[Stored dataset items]

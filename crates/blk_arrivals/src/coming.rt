//! Which bios of a capture come in, and from whom.

ghost use Rattle.std.specs.Prelude.{◌≡◌, ◌<◌, ◌≤◌, ◌+◌, ◌↔◌, None, IsTrue, IfOk, IfSome, MatchOption, OnOk};
ghost use Rattle.blk_capture.specs.Passing.{passed_range};
ghost use Rattle.blk_arrivals.specs.Coming.{way_of, begin_of, round_of_time, AreFewSubmitters, ComeInTime, key_of, keys_of, submitters_of, with_key};
ghost use Rattle.blk_arrivals.specs.Inside.Coming.{AreMany, AreKeys, AreSubmitters};

use blk_bio::{Dir, MAX_END, MAX_SOFT_QUEUES};
use blk_capture::{Action, Record};
use blk_text::MAX_RUN;
use std::alloc::{AllocError, Global};

/// What tells submitters apart.
#[derive(Clone, Copy, Debug, PartialEq, Eq)]
pub enum ToldBy {
    /// The process that queued the bio.
    Process,
    /// The processor on which it ran.
    Processor,
}

impl ToldBy {
    /// The key of the submitter of a record.
    pub(crate) fn key_of(self, record: &Record) -> u64
        ensures { result ≡ key_of self record.now }
    {
        match self {
            ToldBy::Process => record.pid,
            ToldBy::Processor => record.cpu,
        }
    }
}

/// Whether a record has sectors, none of them past the last one.
fn has_range(record: &Record) -> bool
    ensures { IsTrue result ↔ ((0 < record.now.sectors) × (record.now.first + record.now.sectors ≤ MAX_END)) }
{
    record.sectors != 0 && record.first <= MAX_END && record.sectors <= MAX_END - record.first
}

/// The direction of the bio that a record brings in, if it brings one in.
pub(crate) fn way_of(record: &Record) -> Option<Dir>
    ensures way { result ≡ way_of record.now }
    ensures range { IfSome result (λ _. (0 < record.now.sectors) × (record.now.first + record.now.sectors ≤ MAX_END)) }
{
    match record.action {
        Action::Queue => {
            if !has_range(record) {
                return None;
            }
            record.op.dir()
        }
        Action::Get
        | Action::BackMerge
        | Action::FrontMerge
        | Action::Insert
        | Action::Issue
        | Action::Complete
        | Action::Requeue
        | Action::Split
        | Action::Plug
        | Action::Unplug
        | Action::Other => None,
    }
}

/// When a capture begins.
pub(crate) fn begin_of(records: &[Record]) -> u64
    ensures { result ≡ begin_of records.now }
{
    match records {
        [first, ..] => first.time,
        [] => 0,
    }
}

/// The round of a record, of rounds of a length from a beginning on.
pub(crate) fn round_of_time(begin: u64, span: u64, record: &Record) -> u64
    requires { 0 < span }
    ensures { result ≡ round_of_time begin span record.now.time }
{
    record.time.saturating_sub(begin) / span
}

/// Whether a record brings in no bio after the last round that a script can have.
fn is_in_time(begin: u64, span: u64, record: &Record) -> bool
    requires { 0 < span }
    ensures { IsTrue result ↔ IfSome (way_of record.now) (λ _. round_of_time begin span record.now.time ≤ MAX_RUN) }
{
    match way_of(record) {
        Some(_) => round_of_time(begin, span, record) <= MAX_RUN,
        None => true,
    }
}

/// Whether no bio comes in after the last round that a script can have.
pub(crate) fn come_in_time(begin: u64, span: u64, records: &[Record]) -> bool
    requires { 0 < span }
    ensures { IsTrue result ↔ ComeInTime begin span records.now }
{
    records.iter().all(|record| is_in_time(begin, span, record))
}

/// Adds the key of a bio, if one comes in, unless it is among them.
fn note(keys: &mut Vec<u64>, way: Option<Dir>, key: u64) -> Result<(), AllocError>
    ensures { OnOk result (keys.new.items ≡ with_key way key keys.old.items) }
{
    if way.is_none() {
        return Ok(());
    }
    if keys.contains(&key) {
        return Ok(());
    }
    keys.push(key)?;
    Ok(())
}

/// The keys of all bios that come in; none where there are too many.
fn keys_of(alloc: Global, told: ToldBy, records: &[Record]) -> Result<Option<Vec<u64>>, AllocError>
    ensures { IfOk result (λ v. MatchOption v (AreMany (keys_of told records.now)) (λ keys. AreKeys told records.now keys.items)) }
{
    let mut keys = Vec::new(alloc);
    for record in records {
        note(&mut keys, way_of(record), told.key_of(record))?;
        if keys.len() as u64 > MAX_SOFT_QUEUES {
            return Ok(None);
        }
    }
    Ok(Some(keys))
}

/// What tells the submitters of a capture apart, and their keys.
#[derive(Drop)]
pub(crate) struct Submitters {
    pub(crate) told: ToldBy,
    pub(crate) keys: Vec<u64>,
}

/// The submitters of a capture: its processes, or, where those are too many, its processors; none where both are.
pub(crate) fn submitters_of(
    alloc: Global,
    records: &[Record],
) -> Result<Option<Submitters>, AllocError>
    ensures { IfOk result (λ v. MatchOption v (¬ AreFewSubmitters (submitters_of records.now)) (AreSubmitters records.now)) }
{
    let told = ToldBy::Process;
    if let Some(keys) = keys_of(alloc, told, records)? {
        return Ok(Some(Submitters { told, keys }));
    }
    let told = ToldBy::Processor;
    match keys_of(alloc, told, records)? {
        Some(keys) => Ok(Some(Submitters { told, keys })),
        None => Ok(None),
    }
}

• What is needed: Return every line above that contains the word "IsTrue".

• Written response:
ghost use Rattle.std.specs.Prelude.{◌≡◌, ◌<◌, ◌≤◌, ◌+◌, ◌↔◌, None, IsTrue, IfOk, IfSome, MatchOption, OnOk};
    ensures { IsTrue result ↔ ((0 < record.now.sectors) × (record.now.first + record.now.sectors ≤ MAX_END)) }
    ensures { IsTrue result ↔ IfSome (way_of record.now) (λ _. round_of_time begin span record.now.time ≤ MAX_RUN) }
    ensures { IsTrue result ↔ ComeInTime begin span records.now }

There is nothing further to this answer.